Characteristics of a bully (including possible reasons for the bullying personality):

  • Often bullies have poor communications skills, so use shouting and swearing to get a point across.
  • Typically, bullies will be devoid of empathy and may not even understand the meaning of the word.
  • Bullies may use the following tactics: invasion (arriving aggressively on your doorstep unexpectedly); coercion (the surprise attack method of getting you to do something); complaint (to make you think you are in the wrong); charm (pretense of friendliness to get something from you); and/or inane smalltalk (to bore you into submission).
  • Interestingly, bullies may never have been bullied themselves but, instead, may have been over-indulged children who have learned that tantrums work.
  • Many bullies show a ghoulish interest in real-life crime and horror, enjoy playing cruel practical jokes, and may even inflict physical harm to animals or humans.
  • Bullies are often irrational, dishonest and lacking in emotional intelligence.
  • Often, bullies are flamboyant, attractive, ‘larger-than-life’ and sometimes even popular (in a party context).
  • Some bullies are preoccupied with wealth and may be ‘sycophantish’ towards anyone who is wealthier.
  • Most bullies do not have any idea of what a conscience is.
  • Bullies are often very miserable people.

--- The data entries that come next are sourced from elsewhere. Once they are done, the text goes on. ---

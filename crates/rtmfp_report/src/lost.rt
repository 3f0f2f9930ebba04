//! The lines of datagrams that were carried and don't arrive.
ghost use Rattle.std.specs.Prelude.{◌≡◌, ◌++◌, OnOk};
ghost use Rattle.rtmfp_report.specs.LostText.{lost_line, lost_text, why_text};

use crate::lines::push_head;
use end_places::Lost;
use rtmfp_text::{Name, Text};
use std::alloc::AllocError;

/// Adds the line of a datagram with this number, which the end with this name sent, and which
/// doesn't arrive where it was carried: its number, and why.
pub fn push_lost(
    line: u64,
    name: &Name,
    number: u64,
    why: Lost,
    text: &mut Text,
) -> Result<(), AllocError>
    ensures { OnOk result (text.new ≡ text.old ++ lost_line line name.now number why) }
{
    push_head(line, name, text)?;
    push_number_and_why(number, why, text)?;
    text.push("\n")?;
    Ok(())
}

/// Adds which datagram is lost, and why.
fn push_number_and_why(number: u64, why: Lost, text: &mut Text) -> Result<(), AllocError>
    ensures { OnOk result (text.new ≡ text.old ++ lost_text number why) }
{
    text.push_number_field("lost ", number)?;
    text.push(" ")?;
    push_why(why, text)?;
    Ok(())
}

/// Adds why a datagram doesn't arrive.
fn push_why(why: Lost, text: &mut Text) -> Result<(), AllocError>
    ensures { OnOk result (text.new ≡ text.old ++ why_text why) }
{
    match why {
        Lost::Family => text.push("family"),
        Lost::PortsFull(_) => text.push("ports-full"),
        Lost::Unmapped => text.push("unmapped"),
        Lost::Filtered => text.push("filtered"),
        Lost::Nobody => text.push("nobody"),
    }
}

Tips on how to deal with a bullies (this is what I’ve done and it’s worked):

  • Recognize the bullies as bullies
  • Say ‘no’ to the bullies. Ask them to leave you alone and, if they don’t, seek professional support.
  • Put the bullies into the metaphorical ‘bully box’, toss them away and then forget about them.
  • Forgive their ignorance.
  • Forgive them for hurting the people you love most in the world (that’s a difficult one!)

Then SMILE!!!

Note: These are just my own thoughts on the bullying issue, gleaned from my own experience. I do hope, however, that some of this might be helpful to others.